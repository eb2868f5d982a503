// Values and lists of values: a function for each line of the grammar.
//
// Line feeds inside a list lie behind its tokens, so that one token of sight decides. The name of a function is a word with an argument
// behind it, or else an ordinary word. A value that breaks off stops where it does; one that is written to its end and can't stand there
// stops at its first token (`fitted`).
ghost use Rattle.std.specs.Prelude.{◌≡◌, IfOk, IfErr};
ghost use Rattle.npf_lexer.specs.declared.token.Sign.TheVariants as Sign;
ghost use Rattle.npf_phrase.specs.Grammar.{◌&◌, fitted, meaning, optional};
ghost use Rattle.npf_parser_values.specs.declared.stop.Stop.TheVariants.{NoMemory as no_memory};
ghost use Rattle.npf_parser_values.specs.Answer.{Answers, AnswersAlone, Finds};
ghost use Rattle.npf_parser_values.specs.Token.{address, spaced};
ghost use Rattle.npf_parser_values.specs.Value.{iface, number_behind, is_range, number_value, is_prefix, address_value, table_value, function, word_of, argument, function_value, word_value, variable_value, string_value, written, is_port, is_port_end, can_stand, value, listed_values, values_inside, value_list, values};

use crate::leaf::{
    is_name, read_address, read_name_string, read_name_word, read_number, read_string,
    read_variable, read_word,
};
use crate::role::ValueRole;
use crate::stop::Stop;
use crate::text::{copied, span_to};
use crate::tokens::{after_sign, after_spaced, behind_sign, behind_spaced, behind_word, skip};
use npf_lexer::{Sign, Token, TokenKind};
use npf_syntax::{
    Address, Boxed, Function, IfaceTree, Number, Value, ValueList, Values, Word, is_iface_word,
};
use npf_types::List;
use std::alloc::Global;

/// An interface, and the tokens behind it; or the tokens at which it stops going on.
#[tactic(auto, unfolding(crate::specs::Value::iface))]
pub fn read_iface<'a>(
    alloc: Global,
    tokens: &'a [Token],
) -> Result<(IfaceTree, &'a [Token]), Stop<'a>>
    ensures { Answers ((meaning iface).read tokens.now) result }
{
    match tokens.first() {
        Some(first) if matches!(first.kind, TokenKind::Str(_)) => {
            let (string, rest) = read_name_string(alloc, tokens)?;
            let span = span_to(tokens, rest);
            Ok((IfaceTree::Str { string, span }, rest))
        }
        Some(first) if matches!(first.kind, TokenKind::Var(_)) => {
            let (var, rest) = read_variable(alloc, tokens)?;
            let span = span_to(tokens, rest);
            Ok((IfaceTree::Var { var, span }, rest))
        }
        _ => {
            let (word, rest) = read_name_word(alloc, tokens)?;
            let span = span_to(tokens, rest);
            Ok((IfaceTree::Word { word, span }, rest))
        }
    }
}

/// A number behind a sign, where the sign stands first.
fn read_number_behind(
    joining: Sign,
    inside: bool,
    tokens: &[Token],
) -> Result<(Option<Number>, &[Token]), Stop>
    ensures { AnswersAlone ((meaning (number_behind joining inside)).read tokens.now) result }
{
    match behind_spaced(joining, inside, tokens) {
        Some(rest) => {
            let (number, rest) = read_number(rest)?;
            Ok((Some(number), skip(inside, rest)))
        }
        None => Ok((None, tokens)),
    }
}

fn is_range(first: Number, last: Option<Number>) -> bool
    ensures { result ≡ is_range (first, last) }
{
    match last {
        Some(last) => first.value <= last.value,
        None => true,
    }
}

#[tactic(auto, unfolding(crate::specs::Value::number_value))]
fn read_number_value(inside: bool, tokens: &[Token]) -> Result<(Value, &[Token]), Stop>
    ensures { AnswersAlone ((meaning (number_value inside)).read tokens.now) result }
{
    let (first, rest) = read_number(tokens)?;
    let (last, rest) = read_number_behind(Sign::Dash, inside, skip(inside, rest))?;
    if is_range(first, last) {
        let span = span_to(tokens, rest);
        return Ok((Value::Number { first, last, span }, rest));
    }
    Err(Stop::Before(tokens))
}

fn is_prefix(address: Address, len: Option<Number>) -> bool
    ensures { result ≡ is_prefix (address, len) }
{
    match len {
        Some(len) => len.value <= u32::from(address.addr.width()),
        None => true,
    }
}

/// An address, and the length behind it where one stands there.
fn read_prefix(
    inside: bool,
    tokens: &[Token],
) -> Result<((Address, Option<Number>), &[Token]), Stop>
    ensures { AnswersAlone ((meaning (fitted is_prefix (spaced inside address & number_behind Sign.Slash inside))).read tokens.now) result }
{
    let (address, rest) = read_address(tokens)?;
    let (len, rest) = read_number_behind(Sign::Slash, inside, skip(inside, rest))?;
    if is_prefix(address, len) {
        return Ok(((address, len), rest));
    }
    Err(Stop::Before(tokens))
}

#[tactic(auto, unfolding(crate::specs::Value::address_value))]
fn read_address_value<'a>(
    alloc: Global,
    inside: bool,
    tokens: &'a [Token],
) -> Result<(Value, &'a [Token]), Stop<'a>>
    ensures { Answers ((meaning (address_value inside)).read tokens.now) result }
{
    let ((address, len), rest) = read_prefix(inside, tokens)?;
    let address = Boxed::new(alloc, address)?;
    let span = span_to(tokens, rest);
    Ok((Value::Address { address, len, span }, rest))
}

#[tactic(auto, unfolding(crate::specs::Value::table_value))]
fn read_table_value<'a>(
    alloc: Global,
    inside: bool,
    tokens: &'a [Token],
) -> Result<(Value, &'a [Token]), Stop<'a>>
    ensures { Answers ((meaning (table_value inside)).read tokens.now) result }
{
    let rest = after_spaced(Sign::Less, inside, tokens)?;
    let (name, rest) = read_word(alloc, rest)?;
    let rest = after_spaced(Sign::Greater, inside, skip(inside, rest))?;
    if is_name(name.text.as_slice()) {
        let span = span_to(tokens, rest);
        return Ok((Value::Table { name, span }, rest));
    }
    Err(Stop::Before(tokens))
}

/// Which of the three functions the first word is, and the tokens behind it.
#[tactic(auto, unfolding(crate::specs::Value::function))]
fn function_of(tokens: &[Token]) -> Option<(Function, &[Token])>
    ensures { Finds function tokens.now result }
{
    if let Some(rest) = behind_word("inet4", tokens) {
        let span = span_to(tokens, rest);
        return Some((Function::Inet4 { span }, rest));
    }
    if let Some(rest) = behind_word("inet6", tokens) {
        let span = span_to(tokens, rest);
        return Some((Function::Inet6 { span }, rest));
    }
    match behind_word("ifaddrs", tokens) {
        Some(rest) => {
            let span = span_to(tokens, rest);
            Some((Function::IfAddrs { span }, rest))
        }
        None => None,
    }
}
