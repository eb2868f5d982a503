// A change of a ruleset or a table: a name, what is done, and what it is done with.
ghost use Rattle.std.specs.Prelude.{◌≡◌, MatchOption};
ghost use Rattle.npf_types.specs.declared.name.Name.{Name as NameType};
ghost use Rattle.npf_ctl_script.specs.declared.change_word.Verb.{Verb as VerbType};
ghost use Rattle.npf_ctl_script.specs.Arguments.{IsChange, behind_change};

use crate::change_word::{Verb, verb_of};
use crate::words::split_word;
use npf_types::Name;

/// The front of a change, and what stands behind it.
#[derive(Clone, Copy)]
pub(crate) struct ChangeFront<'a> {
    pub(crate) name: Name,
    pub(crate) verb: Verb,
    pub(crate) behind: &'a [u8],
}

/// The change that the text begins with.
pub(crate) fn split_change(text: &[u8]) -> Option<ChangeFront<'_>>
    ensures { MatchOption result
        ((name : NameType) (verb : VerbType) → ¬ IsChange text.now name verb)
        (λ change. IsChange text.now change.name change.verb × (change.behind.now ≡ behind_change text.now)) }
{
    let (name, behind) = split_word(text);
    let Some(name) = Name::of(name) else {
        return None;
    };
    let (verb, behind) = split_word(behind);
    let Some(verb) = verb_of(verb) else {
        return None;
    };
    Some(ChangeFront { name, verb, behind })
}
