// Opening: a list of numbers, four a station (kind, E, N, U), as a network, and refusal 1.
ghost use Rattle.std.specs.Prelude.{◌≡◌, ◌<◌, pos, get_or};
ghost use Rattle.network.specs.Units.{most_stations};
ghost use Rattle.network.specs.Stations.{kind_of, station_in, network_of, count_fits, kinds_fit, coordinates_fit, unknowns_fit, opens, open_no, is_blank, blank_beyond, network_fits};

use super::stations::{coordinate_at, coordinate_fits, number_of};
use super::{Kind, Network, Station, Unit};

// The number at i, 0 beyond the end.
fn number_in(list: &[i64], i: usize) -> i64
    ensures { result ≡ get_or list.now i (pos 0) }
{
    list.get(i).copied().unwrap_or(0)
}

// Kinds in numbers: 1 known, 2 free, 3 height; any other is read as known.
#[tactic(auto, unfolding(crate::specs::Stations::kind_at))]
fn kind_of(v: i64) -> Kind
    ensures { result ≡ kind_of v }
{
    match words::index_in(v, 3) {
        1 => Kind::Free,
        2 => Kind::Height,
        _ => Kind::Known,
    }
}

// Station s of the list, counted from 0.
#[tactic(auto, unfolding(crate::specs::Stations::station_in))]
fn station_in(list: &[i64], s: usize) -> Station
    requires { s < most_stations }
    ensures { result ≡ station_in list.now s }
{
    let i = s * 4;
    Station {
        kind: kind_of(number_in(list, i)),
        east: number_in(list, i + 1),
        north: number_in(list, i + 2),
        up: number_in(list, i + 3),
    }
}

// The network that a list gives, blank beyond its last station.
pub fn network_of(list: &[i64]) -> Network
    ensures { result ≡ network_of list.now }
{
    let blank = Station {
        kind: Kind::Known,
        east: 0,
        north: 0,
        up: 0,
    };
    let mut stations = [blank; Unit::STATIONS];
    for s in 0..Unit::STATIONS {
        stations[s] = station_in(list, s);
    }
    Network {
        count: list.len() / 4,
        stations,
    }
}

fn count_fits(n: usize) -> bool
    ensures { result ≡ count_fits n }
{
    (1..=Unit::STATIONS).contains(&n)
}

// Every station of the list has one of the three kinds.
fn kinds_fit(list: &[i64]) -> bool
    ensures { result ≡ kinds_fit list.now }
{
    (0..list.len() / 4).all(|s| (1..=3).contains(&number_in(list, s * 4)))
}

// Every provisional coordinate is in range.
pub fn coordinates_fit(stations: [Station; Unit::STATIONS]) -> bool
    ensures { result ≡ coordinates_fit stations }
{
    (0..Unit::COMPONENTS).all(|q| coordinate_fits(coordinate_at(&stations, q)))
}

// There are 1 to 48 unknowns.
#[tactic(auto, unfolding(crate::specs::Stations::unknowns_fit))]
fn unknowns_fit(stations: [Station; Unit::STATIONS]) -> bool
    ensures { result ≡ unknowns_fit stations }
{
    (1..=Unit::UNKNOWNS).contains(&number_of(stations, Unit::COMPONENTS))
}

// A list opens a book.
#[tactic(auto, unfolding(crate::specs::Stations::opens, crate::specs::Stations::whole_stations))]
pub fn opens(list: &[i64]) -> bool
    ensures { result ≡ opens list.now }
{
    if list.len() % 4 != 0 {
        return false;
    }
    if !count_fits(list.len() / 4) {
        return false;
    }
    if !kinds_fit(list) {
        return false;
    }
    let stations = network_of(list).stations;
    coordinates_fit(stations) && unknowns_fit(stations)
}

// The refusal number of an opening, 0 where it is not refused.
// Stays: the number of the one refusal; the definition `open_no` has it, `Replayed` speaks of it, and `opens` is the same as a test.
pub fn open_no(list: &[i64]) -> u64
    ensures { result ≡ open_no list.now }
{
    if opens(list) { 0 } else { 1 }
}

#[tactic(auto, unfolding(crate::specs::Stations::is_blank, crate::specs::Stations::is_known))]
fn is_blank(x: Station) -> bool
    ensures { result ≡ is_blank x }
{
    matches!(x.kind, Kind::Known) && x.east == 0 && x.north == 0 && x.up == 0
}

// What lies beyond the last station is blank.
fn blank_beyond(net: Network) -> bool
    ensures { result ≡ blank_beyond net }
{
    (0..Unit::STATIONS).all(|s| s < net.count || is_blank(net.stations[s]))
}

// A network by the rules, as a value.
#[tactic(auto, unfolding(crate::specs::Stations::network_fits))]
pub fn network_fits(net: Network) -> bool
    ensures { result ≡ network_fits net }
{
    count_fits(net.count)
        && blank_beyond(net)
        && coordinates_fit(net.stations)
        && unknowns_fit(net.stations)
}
·····
TASK DESCRIPTION —
Every line above with the string "that" in it should be copied into the answer.

SOLUTION TO THE PROBLEM —
// Line feeds inside a list lie behind its tokens, so that one token of sight decides. The name of a function is a word with an argument
// behind it, or else an ordinary word. A value that breaks off stops where it does; one that is written to its end and can't stand there
/// The change that the text begins with.
// The network that a list gives, blank beyond its last station.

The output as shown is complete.